You know, I had more “snippets” I was going to share, but since these two are both about cemeteries, I think I will stick with that subject.

It might seem strange that “I brake for cemeteries.” I always forget that’s not a particularly normal thing to do, but I’ve been doing it for so long, it seems normal to me. I’m trying to think back to how I got this way. It must be from genealogy.

My grandmother got me started on genealogy when I was 13 or 14 years old. Gravestone inscriptions are one of the many sources for genealogical “clues”. I went to many cemeteries, both looking for info, and also just to “see” my ancestors. There are probably few cemeteries in Scioto County, Ohio, that I haven’t visited at least once. Sometimes, if I passed a cemetery I had not been to before, I would stop just to see if there were any names I recognized.

I suppose those two reasons could explain the trips to two cemeteries this weekend: hunting for a relative (in Camp Chase cemetery) and curiosity of whether there were any names I recognized (in Polk Grove cemetery). Sure, I didn’t expect to find any relatives in the Vandalia cemetery, since none of my ancestors are from there. But hello! I work in a local history reference in an area that includes Vandalia – I’ve seen lots of those names before.

And if you didn’t already find me morbid enough — hmm, this is not made better by the fact that my previous entry is all about keeping dead people’s hair, is it? — I have one other reason that I like stopping by cemeteries: it’s comforting. That may no make much sense. Most of the time when people are in a cemetery, “comfort” is probably about the last thing they are feeling: they are probably burying a relative or friend or visiting that person’s grave because they miss them or want to pay respect to them. There’s not much “comfort” that comes with those things.

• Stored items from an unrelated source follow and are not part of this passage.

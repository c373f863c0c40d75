ghost use Rattle.std.specs.Prelude.{◌≡◌, [], ◌∷◌, length, IfOk, OnOk};
ghost use Rattle.gr_post.specs.Couriers.{passes_of};
ghost use Rattle.gr_post.specs.Passes.{sender_of};
ghost use Rattle.gr_post.specs.declared.stage.Stage.TheVariants.{Open};
ghost use Rattle.parts_by_hand.specs.Rings.{ring_of};

use crate::stop::Stop;
use crate::words::Came;
use gr_post::{Courier, Inbox, InboxList, Mail, Posting, SendPass, SendPassList, TakePass};
use gr_value::Memory;
use std::alloc::Global;
use std::sync::Wait;

/// The most mails of a script, with the `End` behind them.
const MOST: u32 = 16;

/// Takes the mails to the inboxes of both founders, and prints what comes out there.
pub fn carry<R: Wait + Sync>(rt: &HostRuntime, waits: &R, mails: &[Posting]) -> Result<(), Stop> {
    let Routes {
        mut courier,
        inboxes,
        first,
        second,
    } = anew!(make_routes(rt.alloc()))?;
    for posting in mails {
        post(rt.alloc(), &mut courier, posting)?;
    }
    end(&mut courier)?;
    courier.flush(waits, &inboxes);
    let (Some(one), Some(two)) = (inboxes.get(0), inboxes.get(1)) else {
        return Err(Stop::Otherwise);
    };
    take_all(rt, waits, one, 1, first)?;
    take_all(rt, waits, two, 2, second)
}

/// Two inboxes, a courier with a pass of each, and what takes their mails.
#[derive(Drop)]
struct Routes {
    courier: Courier,
    inboxes: InboxList,
    first: TakePass,
    second: TakePass,
    ghost open: { courier.stage ≡ Open },
    ghost passes: { passes_of courier ≡ sender_of first.table 0 ∷ sender_of second.table 0 ∷ [] },
    ghost rings: { inboxes ≡ ring_of first ∷ ring_of second ∷ [] },
}

// An inbox with one sender.
fn make_inbox(alloc: Global) -> Result<(Inbox, SendPass, TakePass), Memory>
    ensures ring { IfOk result (λ made. made.0 ≡ ring_of made.2) }
    ensures pass { IfOk result (λ made. made.1 ≡ sender_of made.2.table 0) }
{
    let (inbox, mut passes, taker) = Inbox::new(alloc, MOST, 1)?;
    let Some(pass) = passes.pop() else {
        return Err(Memory);
    };
    Ok((inbox, pass, taker))
}

fn make_routes(alloc: Global) -> Result<Routes, Memory> {
    let (one, one_pass, first) = make_inbox(alloc)?;
    let (two, two_pass, second) = make_inbox(alloc)?;
    let mut passes = SendPassList::new(alloc)?;
    passes.push(one_pass)?;
    passes.push(two_pass)?;
    let mut inboxes = InboxList::new(alloc)?;
    inboxes.push(one)?;
    inboxes.push(two)?;
    Ok(Routes {
        courier: Courier::new(alloc, 65, 0, passes)?,
        inboxes,
        first,
        second,
    })
}

fn post(alloc: Global, courier: &mut Courier, posting: &Posting) -> Result<(), Stop>
    requires open { courier.old.stage ≡ Open }
    requires two { length (passes_of courier.old) ≡ 2 }
    ensures open { OnOk result (courier.new.stage ≡ Open) }
    ensures passes { OnOk result (passes_of courier.new ≡ passes_of courier.old) }
{
    let to = posting.to.min(3);
    if let Ok(()) = courier.post(alloc, &posting.mail, to) {
        return Ok(());
    }
    Ok(courier.post(alloc, &posting.mail, to)?)
}

fn end(courier: &mut Courier) -> Result<(), Stop>
    requires { courier.old.stage ≡ Open }
    ensures { OnOk result (passes_of courier.new ≡ passes_of courier.old) }
{
    if let Ok(()) = courier.last() {
        return Ok(());
    }
    Ok(courier.last()?)
}

// Prints the mails in a member's inbox, of which there are no more than it has room for.
fn take_all<R: Wait + Sync>(
    rt: &HostRuntime,
    waits: &R,
    inbox: &Inbox,
    member: u8,
    taker: TakePass,
) -> Result<(), Stop>
    requires { taker.table ≡ inbox.now.table }
{
    let mut taker = taker;
    for _ in 0..MOST {
        match inbox.take(waits, &mut taker) {
            None => return Ok(()),
            Some(mail) => println!(rt; "to {member}: {}", Came(&mail))?,
        }
    }
    Err(Stop::Otherwise)
}
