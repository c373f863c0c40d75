use gr_oql::OqlFault;
use gr_value::{KeyFault, Memory, ValueFault};
use std::alloc::AllocError;
use std::{fmt, io};

/// Why a walk ends before its last step.
#[derive(Clone, Copy)]
pub enum Stop {
    /// What was seen could not be printed.
    Unprinted,
    /// A call was refused twice.
    Refused,
    /// A call that was refused changed what is seen.
    Changed,
    /// A call answered otherwise than it should.
    Otherwise,
}

impl Stop {
    pub fn status(self) -> u8 {
        match self {
            Stop::Unprinted => 7,
            Stop::Refused | Stop::Changed | Stop::Otherwise => 1,
        }
    }
}

impl From<io::Error> for Stop {
    fn from(_: io::Error) -> Stop {
        Stop::Unprinted
    }
}

impl From<Memory> for Stop {
    fn from(_: Memory) -> Stop {
        Stop::Refused
    }
}

impl From<AllocError> for Stop {
    fn from(_: AllocError) -> Stop {
        Stop::Refused
    }
}

impl From<KeyFault> for Stop {
    fn from(_: KeyFault) -> Stop {
        Stop::Refused
    }
}

impl From<ValueFault> for Stop {
    fn from(_: ValueFault) -> Stop {
        Stop::Refused
    }
}

impl From<OqlFault> for Stop {
    fn from(_: OqlFault) -> Stop {
        Stop::Refused
    }
}

impl fmt::Display for Stop {
    fn fmt<W: fmt::Write>(&self, f: &mut fmt::Formatter<W>) -> fmt::Result {
        match self {
            Stop::Unprinted => write!(f, "no memory"),
            Stop::Refused => write!(f, "a call was refused twice"),
            Stop::Changed => write!(f, "a call that was refused changed something"),
            Stop::Otherwise => write!(f, "a call answered otherwise than it should"),
        }
    }
}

But I don’t really think of a cemetery as a big field planted with dead people. And okay, most of my experiences with cemeteries has been tinged with “adventure” or “treasure-hunting” or “discovery” rather than grief or loss. I’ve gone into cemeteries so many times, already knowing why, when, and how some of those people “got there” and some of the things they endured in the years (whether many or few) leading up to that final resting point:  cancer, tuberculosis, operations gone wrong, accidents, death of a child, abandonment, less-than-stellar parents, financial hardships, crappy occupations (or downright unemployment), long emigration voyages on rough waters, discrimination, frontier life, the Great Depression, war, floods, losing everything… I could go on and on, but you get the picture.

I can just sit down in the grass and stare out at those stones and “know” what hardships these people must have faced. Sometimes, I can “match” names and their relevant hardships together (like family members); but most times, 99% of the people I don’t even know, let alone what all they went through…but you could imagine. And it makes me feel like, no matter what is going on in my life, there’s probably somebody “out there” – in that field – who went through it before me (and probably suffered much, much worse). It gives me a weird sense of comfort. Plus, cemeteries are usually such calm, quiet places. It’s a good place to just sit and reflect. I like that about them, too.

Hmm, I was trying to dial down the “morbid” by explaining why I like to hang out in cemeteries, but I’m not sure I really accomplished my goal by saying more. Maybe you’d have to be a genealogist/family history buff to understand. Is anybody with me?